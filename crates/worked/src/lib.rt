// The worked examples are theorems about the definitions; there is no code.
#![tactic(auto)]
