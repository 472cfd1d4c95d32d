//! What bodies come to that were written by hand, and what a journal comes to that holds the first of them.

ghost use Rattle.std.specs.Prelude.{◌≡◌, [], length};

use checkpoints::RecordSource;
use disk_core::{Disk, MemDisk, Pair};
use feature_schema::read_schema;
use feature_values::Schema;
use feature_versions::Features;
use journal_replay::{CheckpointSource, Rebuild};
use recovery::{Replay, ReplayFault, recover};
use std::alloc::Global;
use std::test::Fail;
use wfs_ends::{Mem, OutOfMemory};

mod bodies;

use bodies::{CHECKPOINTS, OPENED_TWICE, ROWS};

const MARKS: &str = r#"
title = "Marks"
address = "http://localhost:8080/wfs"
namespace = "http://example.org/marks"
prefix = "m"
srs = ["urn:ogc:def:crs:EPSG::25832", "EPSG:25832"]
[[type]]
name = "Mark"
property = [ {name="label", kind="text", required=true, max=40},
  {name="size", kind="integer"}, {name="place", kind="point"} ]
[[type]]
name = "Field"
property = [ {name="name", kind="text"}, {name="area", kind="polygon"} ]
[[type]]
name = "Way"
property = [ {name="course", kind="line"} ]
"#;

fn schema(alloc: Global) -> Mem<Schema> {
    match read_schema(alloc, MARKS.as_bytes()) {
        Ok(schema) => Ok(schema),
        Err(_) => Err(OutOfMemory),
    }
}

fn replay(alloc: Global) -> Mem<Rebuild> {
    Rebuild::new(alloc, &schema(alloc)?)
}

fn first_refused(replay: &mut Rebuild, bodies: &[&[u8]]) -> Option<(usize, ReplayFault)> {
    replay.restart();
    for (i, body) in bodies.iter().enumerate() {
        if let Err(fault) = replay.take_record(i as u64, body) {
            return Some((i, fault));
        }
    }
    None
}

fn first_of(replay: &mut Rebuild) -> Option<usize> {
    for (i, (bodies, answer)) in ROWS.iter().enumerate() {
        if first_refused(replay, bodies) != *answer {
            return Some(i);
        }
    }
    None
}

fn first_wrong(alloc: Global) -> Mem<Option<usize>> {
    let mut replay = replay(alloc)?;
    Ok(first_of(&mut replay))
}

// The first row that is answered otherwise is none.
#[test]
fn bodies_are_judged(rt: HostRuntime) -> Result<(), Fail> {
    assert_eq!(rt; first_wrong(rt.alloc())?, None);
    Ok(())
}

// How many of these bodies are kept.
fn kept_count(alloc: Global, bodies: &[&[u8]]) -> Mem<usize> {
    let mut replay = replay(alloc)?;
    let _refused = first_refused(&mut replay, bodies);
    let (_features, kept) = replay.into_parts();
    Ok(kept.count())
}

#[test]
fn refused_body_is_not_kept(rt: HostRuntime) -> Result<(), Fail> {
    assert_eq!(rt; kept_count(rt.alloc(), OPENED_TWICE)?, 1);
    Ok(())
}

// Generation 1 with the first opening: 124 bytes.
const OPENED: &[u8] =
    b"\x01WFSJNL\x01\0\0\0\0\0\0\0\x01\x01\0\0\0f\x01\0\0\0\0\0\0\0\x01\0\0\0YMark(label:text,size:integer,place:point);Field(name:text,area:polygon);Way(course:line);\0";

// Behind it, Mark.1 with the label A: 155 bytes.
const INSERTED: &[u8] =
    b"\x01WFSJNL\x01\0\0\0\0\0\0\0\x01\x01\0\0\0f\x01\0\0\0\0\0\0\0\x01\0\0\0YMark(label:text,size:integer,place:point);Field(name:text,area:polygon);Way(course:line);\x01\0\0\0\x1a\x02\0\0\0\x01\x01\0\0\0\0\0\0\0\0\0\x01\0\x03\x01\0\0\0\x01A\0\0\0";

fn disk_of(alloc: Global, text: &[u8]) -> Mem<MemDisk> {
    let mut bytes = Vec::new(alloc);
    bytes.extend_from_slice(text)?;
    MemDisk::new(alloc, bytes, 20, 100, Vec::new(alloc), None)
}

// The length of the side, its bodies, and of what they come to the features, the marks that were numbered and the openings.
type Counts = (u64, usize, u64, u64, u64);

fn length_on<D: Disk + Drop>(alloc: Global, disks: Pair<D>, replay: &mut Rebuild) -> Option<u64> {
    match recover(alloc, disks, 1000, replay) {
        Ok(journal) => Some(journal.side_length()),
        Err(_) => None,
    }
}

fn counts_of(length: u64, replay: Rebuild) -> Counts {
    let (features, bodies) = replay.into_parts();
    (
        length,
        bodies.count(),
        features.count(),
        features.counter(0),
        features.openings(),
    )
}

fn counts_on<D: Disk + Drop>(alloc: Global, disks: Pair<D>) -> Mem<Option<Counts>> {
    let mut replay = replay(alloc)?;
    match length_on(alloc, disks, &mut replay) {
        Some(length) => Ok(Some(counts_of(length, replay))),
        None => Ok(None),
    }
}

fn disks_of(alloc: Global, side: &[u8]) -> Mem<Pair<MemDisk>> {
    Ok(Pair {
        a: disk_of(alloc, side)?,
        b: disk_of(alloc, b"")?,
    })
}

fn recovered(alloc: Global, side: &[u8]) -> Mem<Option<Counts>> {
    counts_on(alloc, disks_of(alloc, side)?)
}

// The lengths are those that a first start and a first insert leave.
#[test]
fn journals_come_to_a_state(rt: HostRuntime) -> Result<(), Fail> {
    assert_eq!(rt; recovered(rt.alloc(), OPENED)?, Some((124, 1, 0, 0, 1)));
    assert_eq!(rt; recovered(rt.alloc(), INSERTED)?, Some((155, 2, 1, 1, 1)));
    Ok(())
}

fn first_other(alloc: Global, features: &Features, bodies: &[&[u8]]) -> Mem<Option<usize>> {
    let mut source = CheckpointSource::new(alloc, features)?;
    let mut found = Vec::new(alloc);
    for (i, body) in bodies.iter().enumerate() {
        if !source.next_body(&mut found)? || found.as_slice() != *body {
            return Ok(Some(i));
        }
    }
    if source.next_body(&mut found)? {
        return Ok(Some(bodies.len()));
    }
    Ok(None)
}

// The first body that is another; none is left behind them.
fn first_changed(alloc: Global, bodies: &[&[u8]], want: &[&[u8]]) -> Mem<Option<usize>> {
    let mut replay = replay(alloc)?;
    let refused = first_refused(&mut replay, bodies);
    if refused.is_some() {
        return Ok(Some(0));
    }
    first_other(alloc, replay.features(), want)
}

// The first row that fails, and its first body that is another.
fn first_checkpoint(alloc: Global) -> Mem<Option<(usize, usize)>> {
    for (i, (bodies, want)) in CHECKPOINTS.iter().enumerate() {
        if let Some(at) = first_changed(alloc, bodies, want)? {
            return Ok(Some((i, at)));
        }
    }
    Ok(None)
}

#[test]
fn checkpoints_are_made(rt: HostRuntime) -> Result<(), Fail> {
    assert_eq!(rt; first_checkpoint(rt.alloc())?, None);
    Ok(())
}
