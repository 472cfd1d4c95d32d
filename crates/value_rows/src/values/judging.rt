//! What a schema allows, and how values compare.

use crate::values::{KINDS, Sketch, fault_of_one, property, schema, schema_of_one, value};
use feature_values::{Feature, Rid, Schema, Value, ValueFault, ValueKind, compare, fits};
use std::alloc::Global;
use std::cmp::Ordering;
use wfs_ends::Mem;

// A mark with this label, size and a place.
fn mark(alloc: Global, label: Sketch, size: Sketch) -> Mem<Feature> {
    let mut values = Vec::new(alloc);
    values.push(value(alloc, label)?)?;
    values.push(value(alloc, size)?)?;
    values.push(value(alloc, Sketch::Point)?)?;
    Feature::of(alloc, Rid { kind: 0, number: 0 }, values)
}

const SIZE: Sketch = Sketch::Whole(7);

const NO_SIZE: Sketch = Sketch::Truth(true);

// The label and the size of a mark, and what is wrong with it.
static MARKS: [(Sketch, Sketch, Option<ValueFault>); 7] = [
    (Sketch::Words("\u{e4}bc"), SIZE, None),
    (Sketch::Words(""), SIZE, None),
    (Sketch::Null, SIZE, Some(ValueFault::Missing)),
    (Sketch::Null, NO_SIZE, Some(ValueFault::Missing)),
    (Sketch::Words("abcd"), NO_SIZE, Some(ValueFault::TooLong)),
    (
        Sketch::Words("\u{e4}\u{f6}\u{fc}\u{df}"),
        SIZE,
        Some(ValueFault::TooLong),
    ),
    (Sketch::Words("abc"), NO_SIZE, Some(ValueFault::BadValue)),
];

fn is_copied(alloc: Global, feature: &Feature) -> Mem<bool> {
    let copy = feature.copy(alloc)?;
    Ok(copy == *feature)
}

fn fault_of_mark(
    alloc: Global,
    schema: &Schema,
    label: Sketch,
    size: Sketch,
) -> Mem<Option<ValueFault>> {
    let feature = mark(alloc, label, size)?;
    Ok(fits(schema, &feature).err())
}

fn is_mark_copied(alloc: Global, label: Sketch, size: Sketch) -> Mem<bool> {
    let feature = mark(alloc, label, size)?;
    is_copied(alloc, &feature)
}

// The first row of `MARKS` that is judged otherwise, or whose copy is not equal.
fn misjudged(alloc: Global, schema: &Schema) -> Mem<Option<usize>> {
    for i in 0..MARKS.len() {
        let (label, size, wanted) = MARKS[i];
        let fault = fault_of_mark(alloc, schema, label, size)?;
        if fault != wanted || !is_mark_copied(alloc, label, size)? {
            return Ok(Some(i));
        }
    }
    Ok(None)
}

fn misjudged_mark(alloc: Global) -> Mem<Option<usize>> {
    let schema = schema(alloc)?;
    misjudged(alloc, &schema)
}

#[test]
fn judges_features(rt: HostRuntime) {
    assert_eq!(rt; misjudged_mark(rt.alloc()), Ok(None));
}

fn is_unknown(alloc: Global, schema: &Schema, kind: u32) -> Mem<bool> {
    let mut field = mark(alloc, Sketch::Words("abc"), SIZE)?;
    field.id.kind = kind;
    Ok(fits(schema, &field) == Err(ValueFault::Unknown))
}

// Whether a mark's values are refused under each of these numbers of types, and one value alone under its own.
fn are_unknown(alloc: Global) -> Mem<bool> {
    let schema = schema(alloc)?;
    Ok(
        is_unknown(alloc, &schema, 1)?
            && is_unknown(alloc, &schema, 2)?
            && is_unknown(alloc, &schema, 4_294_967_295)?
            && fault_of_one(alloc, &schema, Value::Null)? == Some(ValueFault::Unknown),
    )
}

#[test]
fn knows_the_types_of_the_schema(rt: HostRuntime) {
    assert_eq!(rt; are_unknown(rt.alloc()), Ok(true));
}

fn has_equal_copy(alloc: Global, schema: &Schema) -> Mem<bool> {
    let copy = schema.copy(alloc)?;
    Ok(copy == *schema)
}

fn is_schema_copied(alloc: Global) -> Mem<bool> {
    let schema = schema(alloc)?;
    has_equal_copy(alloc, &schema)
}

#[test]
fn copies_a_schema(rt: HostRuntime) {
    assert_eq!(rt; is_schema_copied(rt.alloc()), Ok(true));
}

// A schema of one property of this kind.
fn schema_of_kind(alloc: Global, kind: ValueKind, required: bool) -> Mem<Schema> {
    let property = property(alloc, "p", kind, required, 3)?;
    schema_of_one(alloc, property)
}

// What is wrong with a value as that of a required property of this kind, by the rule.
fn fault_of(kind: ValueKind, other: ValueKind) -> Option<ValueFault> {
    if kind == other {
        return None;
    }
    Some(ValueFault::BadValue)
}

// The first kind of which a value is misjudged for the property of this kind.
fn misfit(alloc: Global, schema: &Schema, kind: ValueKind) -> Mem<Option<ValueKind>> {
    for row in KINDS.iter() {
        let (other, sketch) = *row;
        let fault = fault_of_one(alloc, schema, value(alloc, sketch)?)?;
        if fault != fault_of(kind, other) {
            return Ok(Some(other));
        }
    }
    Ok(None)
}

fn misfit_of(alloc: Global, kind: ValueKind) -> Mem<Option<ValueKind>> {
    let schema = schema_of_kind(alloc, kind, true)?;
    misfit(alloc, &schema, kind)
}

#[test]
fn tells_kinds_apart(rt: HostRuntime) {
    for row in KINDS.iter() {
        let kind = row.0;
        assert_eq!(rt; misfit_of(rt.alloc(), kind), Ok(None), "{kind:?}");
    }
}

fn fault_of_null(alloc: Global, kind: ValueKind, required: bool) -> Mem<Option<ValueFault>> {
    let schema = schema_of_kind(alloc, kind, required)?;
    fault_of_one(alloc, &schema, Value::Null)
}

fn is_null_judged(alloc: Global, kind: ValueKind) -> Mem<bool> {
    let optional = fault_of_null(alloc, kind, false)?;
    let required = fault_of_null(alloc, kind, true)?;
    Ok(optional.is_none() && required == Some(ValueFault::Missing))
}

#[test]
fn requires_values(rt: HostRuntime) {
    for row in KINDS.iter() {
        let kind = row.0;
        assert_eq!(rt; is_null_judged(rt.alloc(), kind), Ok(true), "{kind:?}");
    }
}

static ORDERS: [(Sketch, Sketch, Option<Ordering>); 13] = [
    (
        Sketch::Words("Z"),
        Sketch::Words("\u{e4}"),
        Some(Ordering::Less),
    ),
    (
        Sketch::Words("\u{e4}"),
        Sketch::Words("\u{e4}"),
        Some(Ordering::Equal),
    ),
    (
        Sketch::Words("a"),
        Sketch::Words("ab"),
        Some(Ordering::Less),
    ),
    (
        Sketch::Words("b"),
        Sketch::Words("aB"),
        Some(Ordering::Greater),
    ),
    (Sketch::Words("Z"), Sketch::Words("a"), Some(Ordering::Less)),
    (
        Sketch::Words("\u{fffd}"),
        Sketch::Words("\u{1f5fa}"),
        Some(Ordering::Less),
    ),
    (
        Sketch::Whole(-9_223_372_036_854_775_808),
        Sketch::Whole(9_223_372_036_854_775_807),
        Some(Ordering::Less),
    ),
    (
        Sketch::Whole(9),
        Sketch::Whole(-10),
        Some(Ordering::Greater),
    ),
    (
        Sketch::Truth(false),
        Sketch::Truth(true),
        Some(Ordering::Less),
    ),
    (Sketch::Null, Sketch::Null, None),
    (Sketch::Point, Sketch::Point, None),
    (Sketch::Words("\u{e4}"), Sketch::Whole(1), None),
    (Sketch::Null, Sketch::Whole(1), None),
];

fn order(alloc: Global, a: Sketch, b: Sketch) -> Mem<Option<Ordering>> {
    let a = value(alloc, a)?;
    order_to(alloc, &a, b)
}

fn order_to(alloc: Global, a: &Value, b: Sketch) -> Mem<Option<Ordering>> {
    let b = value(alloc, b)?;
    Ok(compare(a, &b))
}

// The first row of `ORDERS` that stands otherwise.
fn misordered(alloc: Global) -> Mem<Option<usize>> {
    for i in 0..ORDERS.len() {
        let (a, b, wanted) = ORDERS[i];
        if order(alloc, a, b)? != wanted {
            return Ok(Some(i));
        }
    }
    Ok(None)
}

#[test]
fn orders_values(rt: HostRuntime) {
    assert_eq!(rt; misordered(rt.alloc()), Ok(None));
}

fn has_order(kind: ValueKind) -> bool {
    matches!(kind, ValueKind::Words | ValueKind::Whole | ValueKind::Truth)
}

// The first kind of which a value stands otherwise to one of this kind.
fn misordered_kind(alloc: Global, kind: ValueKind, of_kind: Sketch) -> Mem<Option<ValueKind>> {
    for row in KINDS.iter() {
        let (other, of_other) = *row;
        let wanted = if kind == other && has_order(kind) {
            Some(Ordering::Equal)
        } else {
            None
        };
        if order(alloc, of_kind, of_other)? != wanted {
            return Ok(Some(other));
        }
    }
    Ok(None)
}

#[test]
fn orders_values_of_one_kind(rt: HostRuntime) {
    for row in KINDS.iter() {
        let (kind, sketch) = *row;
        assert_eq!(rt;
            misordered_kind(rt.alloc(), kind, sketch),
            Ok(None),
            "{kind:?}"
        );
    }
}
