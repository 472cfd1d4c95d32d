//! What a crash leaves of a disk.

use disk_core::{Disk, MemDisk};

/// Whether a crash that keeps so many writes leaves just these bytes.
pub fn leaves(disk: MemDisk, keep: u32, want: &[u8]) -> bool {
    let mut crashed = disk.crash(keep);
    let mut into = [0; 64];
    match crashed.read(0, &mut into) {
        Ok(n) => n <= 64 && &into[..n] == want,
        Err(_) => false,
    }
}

| About this exercise |
Copy out each line of the data above, exactly, if it lies between the line holding "fn has_equal_copy(alloc: Global, schema: &Schema)" and the line holding "fn fault_of(kind: ValueKind, other: ValueKind)", inclusive; copy no other line.

| Task solution |
fn has_equal_copy(alloc: Global, schema: &Schema) -> Mem<bool> {
    let copy = schema.copy(alloc)?;
    Ok(copy == *schema)
}

fn is_schema_copied(alloc: Global) -> Mem<bool> {
    let schema = schema(alloc)?;
    has_equal_copy(alloc, &schema)
}

#[test]
fn copies_a_schema(rt: HostRuntime) {
    assert_eq!(rt; is_schema_copied(rt.alloc()), Ok(true));
}

// A schema of one property of this kind.
fn schema_of_kind(alloc: Global, kind: ValueKind, required: bool) -> Mem<Schema> {
    let property = property(alloc, "p", kind, required, 3)?;
    schema_of_one(alloc, property)
}

// What is wrong with a value as that of a required property of this kind, by the rule.
fn fault_of(kind: ValueKind, other: ValueKind) -> Option<ValueFault> {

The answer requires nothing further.